Se il PDL, per effetto della dispersione perde la regione, inutile dire che i ringraziamenti ai piccoli da parte di Veltroni, si sprecheranno.
Questo potrebbe essere il caso del Lazio o dell' Emilia Romagna.
Quindi, se volete opporvi ai comunisti, votate i piccoli partiti, solo dopo che siete certi che senza i vostri voti il PDL vince lo stesso. Oppure preparatevi ad essere ringraziati dai comunisti.
Punto numero 2
Questa affermazione è sbagliata quanto la precedente. E questo per il semplice fatto che l'inciucio si avrà soltanto se né PD né PDL avranno la maggioranza.
A quel punto, succede che ci si deve alleare per forza.
E li torniamo al discorso precedente:
PDL + LaDestra hanno la maggioranza? Se sì, ci sarà l'alleanza tra questi ed un governo in comune.
PD + Rifondazione avranno la maggioranza? Se sì ci sarà l'alleanza tra questi ed un nuovo governo Prodi.
PDL + PLI avranno la maggioranza? No questo è impossibile.
Ma se le tre ipotesi suddette non si verificano, si deve fare per forza un governo di Grosse Coalition, che è quello che vorrebbe Casini.
Solo che il problema è il seguente:
Non può esistere un governo PDL + Casini +laDestra a causa del divorzio elettorale
Non può esistere un governo PD + Rifondazione + Casini a causa della fucilazione di Casini da parte del suo stesso elettorato.

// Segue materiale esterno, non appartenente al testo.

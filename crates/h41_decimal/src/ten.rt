//! Decimals, and the operations on them.

ghost use Rattle.std.specs.Prelude.{◌≡◌, ◌*◌, ◌^◌, ◌<◌, ◌≤◌, pos, ◌+ℤ◌, ◌-ℤ◌, ◌*ℤ◌, neg_ℤ};
ghost use Rattle.std.specs.Prelude.{unsigned_abs, IfSome, IfNone};
ghost use Rattle.std.specs.Ordering.{int_cmp, nat_cmp};
ghost use Rattle.h41_decimal.specs.Signs.{with_sign, sign_of};
ghost use Rattle.h41_decimal.specs.Units.{one, size, units};
ghost use Rattle.std.specs.Option.{option_map};
ghost use Rattle.h41_decimal.specs.Holding.{holding_of, worth, Number};
ghost use Rattle.h41_decimal.specs.NearestDecimal.{Nearest, NearestRoot};
ghost use Rattle.h41_decimal.specs.NumberEntry.{IsTyped, size_of_greatest};
ghost use Rattle.h41_decimal.specs.WholeParts.{HasOnes, IsIntegerPart, IsFraction};
ghost use Rattle.h41_decimal.specs.Operations.{NearestQuotient, NearestModulo, RoundsTo, step_of};

use crate::fault::DecimalFault;
use crate::parts::{Exponent, Magnitude, Mantissa};
use crate::places::Places;
use crate::sign::Sign;
use crate::{entry, modulo, register, sizes, whole};
use h41_digits::Reg;
use std::cmp::Ordering;

/// A number of the calculator: zero, or a sign, ten digits and an exponent.
#[derive(Clone, Copy, Debug, PartialEq, Eq)]
pub enum Ten {
    /// Zero, which has no sign.
    Zero,
    /// A number other than zero.
    Nonzero(Sign, Magnitude),
}

impl Ten {
    /// Returns the number with its sign changed. Zero does not change.
    pub fn negated(self) -> Self
        ensures { units result ≡ neg_ℤ (units self) }
    {
        match self {
            Ten::Zero => Ten::Zero,
            Ten::Nonzero(sign, x) => Ten::Nonzero(sign.opposite(), x),
        }
    }

    /// Returns the absolute value of the number.
    pub fn abs(self) -> Self
        ensures { units result ≡ pos (unsigned_abs (units self)) }
    {
        match self {
            Ten::Zero => Ten::Zero,
            Ten::Nonzero(_, x) => Ten::Nonzero(Sign::Plus, x),
        }
    }

    /// Returns the sign of the number. The sign of zero is plus.
    pub fn sign(self) -> Sign
        ensures { result ≡ sign_of (units self) }
    {
        match self {
            Ten::Zero => Sign::Plus,
            Ten::Nonzero(sign, _) => sign,
        }
    }

    /// Returns 1 with the sign of the number: 1 or -1, and 1 for zero.
    pub fn signum(self) -> Self
        ensures { units result ≡ with_sign (sign_of (units self)) one }
    {
        let mantissa = Mantissa {
            digits: 1_000_000_000,
        };
        let exponent = Exponent { biased: 99 };
        Ten::Nonzero(self.sign(), Magnitude { mantissa, exponent })
    }

    /// Returns the number with the greatest absolute value that has this sign: 9.999999999E99 or -9.999999999E99.
    pub fn greatest(sign: Sign) -> Self
        ensures { units result ≡ with_sign sign size_of_greatest }
    {
        entry::greatest(sign)
    }

    /// Returns the number that is typed with this sign, the whole number `digits` of which the last `places` digits (0
    /// to 20) follow the radix mark, and this exponent. It is rounded to ten digits, halves away from zero. If the
    /// exponent of the result, with one digit before the radix mark, would be above 99, it is the greatest number with
    /// the sign; if below -99, zero (this project's choice).
    pub fn typed(sign: Sign, digits: u64, places: u8, exponent: Exponent) -> Self
        requires { places ≤ 20 }
        ensures { IsTyped sign digits places exponent result }
    {
        entry::typed(sign, digits, places, exponent)
    }

    /// Returns the integer part of the number, with its sign: the digits before the radix mark, as INT returns them.
    pub fn integer_part(self) -> Self
        ensures { IsIntegerPart (units self) (units result) }
    {
        match self {
            Ten::Zero => Ten::Zero,
            Ten::Nonzero(sign, x) => whole::integer_part(sign, x),
        }
    }

    /// Returns the fraction of the number, with its sign: the digits after the radix mark, as FRC returns them.
    pub fn fraction(self) -> Self
        ensures { IsFraction (units self) (units result) }
    {
        match self {
            Ten::Zero => Ten::Zero,
            Ten::Nonzero(sign, x) => whole::fraction(sign, x),
        }
    }

    /// Returns the integer part of the absolute value as a whole number, or `None` if it is 10^10 or more.
    pub fn ones(self) -> Option<u64>
        ensures ones { IfSome result (HasOnes (unsigned_abs (units self))) }
        ensures few { IfSome result (λ ones. ones < 10 ^ 10) }
        ensures many { IfNone result (10 ^ 10 * one ≤ unsigned_abs (units self)) }
    {
        match self {
            Ten::Zero => Some(0),
            Ten::Nonzero(_, x) => whole::ones(x),
        }
    }

    /// Returns the number in a register, or `None` if the register contains no number.
    #[inline(always)]
    pub fn from_reg(register: Reg) -> Option<Self>
        ensures { option_map units result ≡ worth (holding_of register) }
    {
        register::read(register)
    }

    /// Returns the register content that encodes the number.
    #[inline(always)]
    pub fn to_reg(self) -> Reg
        ensures { holding_of result ≡ Number (units self) }
    {
        register::write(self)
    }

    /// Returns `self` + `other`, rounded to ten digits.
    ///
    /// # Errors
    ///
    /// `Range`, and no other: the absolute value of the sum is too large for ten digits and an exponent of 99.
    #[inline(always)]
    pub fn add(self, other: Self) -> Result<Self, DecimalFault>
        ensures { Nearest (units self +ℤ units other) 1 result }
    {
        match (self, other) {
            (Ten::Zero, _) => Ok(other),
            (_, Ten::Zero) => Ok(self),
            (Ten::Nonzero(x_sign, x), Ten::Nonzero(y_sign, y)) => add_signed(x_sign, x, y_sign, y),
        }
    }

    /// Returns `self` - `other`, rounded to ten digits. The only error is `Range`.
    #[inline(always)]
    pub fn sub(self, other: Self) -> Result<Self, DecimalFault>
        ensures { Nearest (units self -ℤ units other) 1 result }
    {
        self.add(other.negated())
    }

    /// Returns `self` * `other`, rounded to ten digits. The only error is `Range`.
    #[inline(always)]
    pub fn mul(self, other: Self) -> Result<Self, DecimalFault>
        ensures { Nearest (units self *ℤ units other) one result }
    {
        match (self, other) {
            (Ten::Nonzero(x_sign, x), Ten::Nonzero(y_sign, y)) => {
                sizes::multiply(x_sign.times(y_sign), x, y)
            }
            _ => Ok(Ten::Zero),
        }
    }

    /// Returns `self` percent of the number `of`: a hundredth of their product, rounded to ten digits. The only error
    /// is `Range`.
    pub fn percent(self, of: Self) -> Result<Self, DecimalFault>
        ensures { Nearest (units self *ℤ units of) (100 * one) result }
    {
        match (self, of) {
            (Ten::Nonzero(x_sign, x), Ten::Nonzero(y_sign, y)) => {
                sizes::percent(x_sign.times(y_sign), x, y)
            }
            _ => Ok(Ten::Zero),
        }
    }

    /// Returns `self` / `other`, rounded to ten digits. The errors are `Data` if `other` is zero, and `Range`.
    #[inline(always)]
    pub fn div(self, other: Self) -> Result<Self, DecimalFault>
        ensures { NearestQuotient (units self) (units other) result }
    {
        match (self, other) {
            (_, Ten::Zero) => Err(DecimalFault::Data),
            (Ten::Zero, _) => Ok(Ten::Zero),
            (Ten::Nonzero(x_sign, x), Ten::Nonzero(y_sign, y)) => {
                sizes::divide(x_sign.times(y_sign), x, y)
            }
        }
    }

    /// Returns the square root of the number, rounded to ten digits. The only error is `Data`, for a negative number.
    pub fn sqrt(self) -> Result<Self, DecimalFault>
        ensures { NearestRoot (units self) result }
    {
        match self {
            Ten::Zero => Ok(Ten::Zero),
            Ten::Nonzero(sign, x) => match sign {
                Sign::Plus => sizes::root(x),
                Sign::Minus => Err(DecimalFault::Data),
            },
        }
    }

    /// Returns the number modulo a divisor, rounded to ten digits: `self - divisor * floor(self / divisor)`, which is
    /// zero or has the sign of the divisor. If the divisor is zero, returns the number itself. There is no error.
    pub fn modulo(self, divisor: Self) -> Result<Self, DecimalFault>
        ensures { NearestModulo self divisor result }
    {
        match (self, divisor) {
            (_, Ten::Zero) => Ok(self),
            (Ten::Zero, _) => Ok(Ten::Zero),
            (Ten::Nonzero(y_sign, y), Ten::Nonzero(x_sign, x)) => modulo::modulo(
                y_sign, y, x_sign, x,
            ),
        }
    }

    /// Returns the number rounded to the decimals or digits that `places` says, halves away from zero. The only error
    /// is `Range`.
    pub fn round_to(self, places: Places) -> Result<Self, DecimalFault>
        ensures { RoundsTo (step_of places self) (units self) result }
    {
        match self {
            Ten::Zero => Ok(Ten::Zero),
            Ten::Nonzero(sign, x) => match places {
                Places::Decimals(count) => sizes::round_at(
                    sign,
                    x,
                    108u32.saturating_sub(u32::from(count)),
                ),
                Places::Digits(count) => {
                    sizes::round_at(sign, x, x.steps() + 10u32.saturating_sub(u32::from(count)))
                }
            },
        }
    }

    /// Compares the values of two numbers.
    pub fn cmp(self, other: Self) -> Ordering
        ensures { result ≡ int_cmp (units self) (units other) }
    {
        match (self, other) {
            (Ten::Zero, Ten::Zero) => Ordering::Equal,
            (Ten::Zero, Ten::Nonzero(sign, x)) => zero_against(sign, x),
            (Ten::Nonzero(sign, x), Ten::Zero) => against_zero(sign, x),
            (Ten::Nonzero(x_sign, x), Ten::Nonzero(y_sign, y)) => compare_signed(
                x_sign, x, y_sign, y,
            ),
        }
    }
}

/// Compares zero with a number other than zero, which is given by its sign and its magnitude.
fn zero_against(sign: Sign, x: Magnitude) -> Ordering
    ensures { result ≡ int_cmp (pos 0) (with_sign sign (size x)) }
{
    match sign {
        Sign::Plus => Ordering::Less,
        Sign::Minus => Ordering::Greater,
    }
}

/// Compares a number other than zero, which is given by its sign and its magnitude, with zero.
fn against_zero(sign: Sign, x: Magnitude) -> Ordering
    ensures { result ≡ int_cmp (with_sign sign (size x)) (pos 0) }
{
    match sign {
        Sign::Plus => Ordering::Greater,
        Sign::Minus => Ordering::Less,
    }
}

/// Compares the values of two numbers other than zero, which are given by their signs and magnitudes.
fn compare_signed(x_sign: Sign, x: Magnitude, y_sign: Sign, y: Magnitude) -> Ordering
    ensures { result ≡ int_cmp (with_sign x_sign (size x)) (with_sign y_sign (size y)) }
{
    match (x_sign, y_sign) {
        (Sign::Plus, Sign::Plus) => sizes::compare(x, y),
        (Sign::Plus, Sign::Minus) => Ordering::Greater,
        (Sign::Minus, Sign::Plus) => Ordering::Less,
        (Sign::Minus, Sign::Minus) => sizes::compare(y, x),
    }
}

/// Returns the sum of two numbers other than zero, which are given by their signs and magnitudes, rounded to ten
/// digits. The only error is `Range`.
#[inline(always)]
fn add_signed(x_sign: Sign, x: Magnitude, y_sign: Sign, y: Magnitude) -> Result<Ten, DecimalFault>
    ensures { Nearest (with_sign x_sign (size x) +ℤ with_sign y_sign (size y)) 1 result }
{
    if x.exponent.biased < y.exponent.biased {
        add_smaller(y_sign, y, x_sign, x)
    } else {
        add_smaller(x_sign, x, y_sign, y)
    }
}

/// Returns the sum of two numbers other than zero, which are given by their signs and magnitudes, rounded to ten
/// digits. The exponent of x must not be lower than that of y. The only error is `Range`.
#[inline(always)]
fn add_smaller(x_sign: Sign, x: Magnitude, y_sign: Sign, y: Magnitude) -> Result<Ten, DecimalFault>
    requires { y.exponent.biased ≤ x.exponent.biased }
    ensures { Nearest (with_sign x_sign (size x) +ℤ with_sign y_sign (size y)) 1 result }
{
    if x_sign == y_sign {
        sizes::add(x_sign, x, y)
    } else {
        sizes::subtract(x_sign, x, y)
    }
}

Quindi la grosse coalition deve per forza includere SIA il PD che il PDL.
Ma a quel punto, PD e PDL, giustamente si chiedono per quale scopo dovrebbero imbarcare gli altri e il governo se lo fanno da soli.
E questo è l'inciucio che quelli che han disperso i voti tra PLI , La Destra, Consumatori riuniti, UDC volevano evitare......

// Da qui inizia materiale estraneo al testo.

//! The errors of the arithmetic operations on decimals.

/// The reason why an arithmetic operation on decimals, for example a division, has no result.
#[derive(Clone, Copy, Debug, PartialEq, Eq)]
pub enum DecimalFault {
    /// The result does not exist: the divisor is zero, or the root is that of a negative number. The calculator shows DATA ERROR.
    Data,
    /// The exponent of the result is above 99. The calculator shows OUT OF RANGE.
    Range,
}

Cosa farei io personalmente se fossi a capo del governo? Quale programma cercherei di realizzare avendo a disposizione una legislatura e sufficiente potere decisionale?
Questa domanda ha sicuramente fatto capolino migliaia di volte nella testa degli italiani.
Ho deciso di provare a scrivere un programma elettorale, senza alcuna pretesa di completezza e senza valutazioni troppo approfondite. Un po' per gioco, ma molto di più per lanciare un sasso in uno stagno. Per discutere di proposte veramente liberali, per proporre qualcosa di radicalmente differente dalle proposte che i partiti politici propongono e oseranno mai proporre. Un programma che, dato l'estremismo di alcuni provvedimenti, non teme copie stile Veltroni da alcun partito politico.
Mi piacerebbe discuterne con i miei due lettori.
Eccolo:
ECONOMIA E POLITICA
1 provvedimento:
MODIFICA ARTICOLO 75 DELLA COSTITUZIONE:
In ottemperanza al principio che gli italiani sono i proprietari della nazione italiana e i politici dei meri esecutori della loro volontà, si dispone che sia diritto dei cittadini italiani proporre referendum fiscali.
Per la natura estremamente delicata degli stessi, e per il conflitto di interessi che generano nella classe politica, si dispone che:
E possibile proporre qualunque referendum abrogativo di qualunque imposta, tassa o accisa.
E possibile proporre un qualsiasi numero di questi referendum anche in un'unica tornata referendaria.
Se il referendum ha un esito positivo, la tassa in oggetto si considera decaduta istantaneamente, senza alcun bisogno di ratificazione da parte del parlamento o del governo.
Si dispone che il numero di referendum fiscali che possono essere approvati sia di un massimo di 1 l'anno. Nel caso in cui più referendum proposti vengano vinti, si ha l'attuazione immediata del primo in ordine di presentazione e lo slittamento degli altri in ordine cronologico di un anno ciascuno. I referendum non passati ovviamente non vengono conteggiati.
2 provvedimento
Per dare forza al provvedimento precedente, si dispone che qualunque aumento di imposizione fiscale richiesto dal governo ai propri concittadini debba essere ratificato da un referendum popolare che approvi la decisione.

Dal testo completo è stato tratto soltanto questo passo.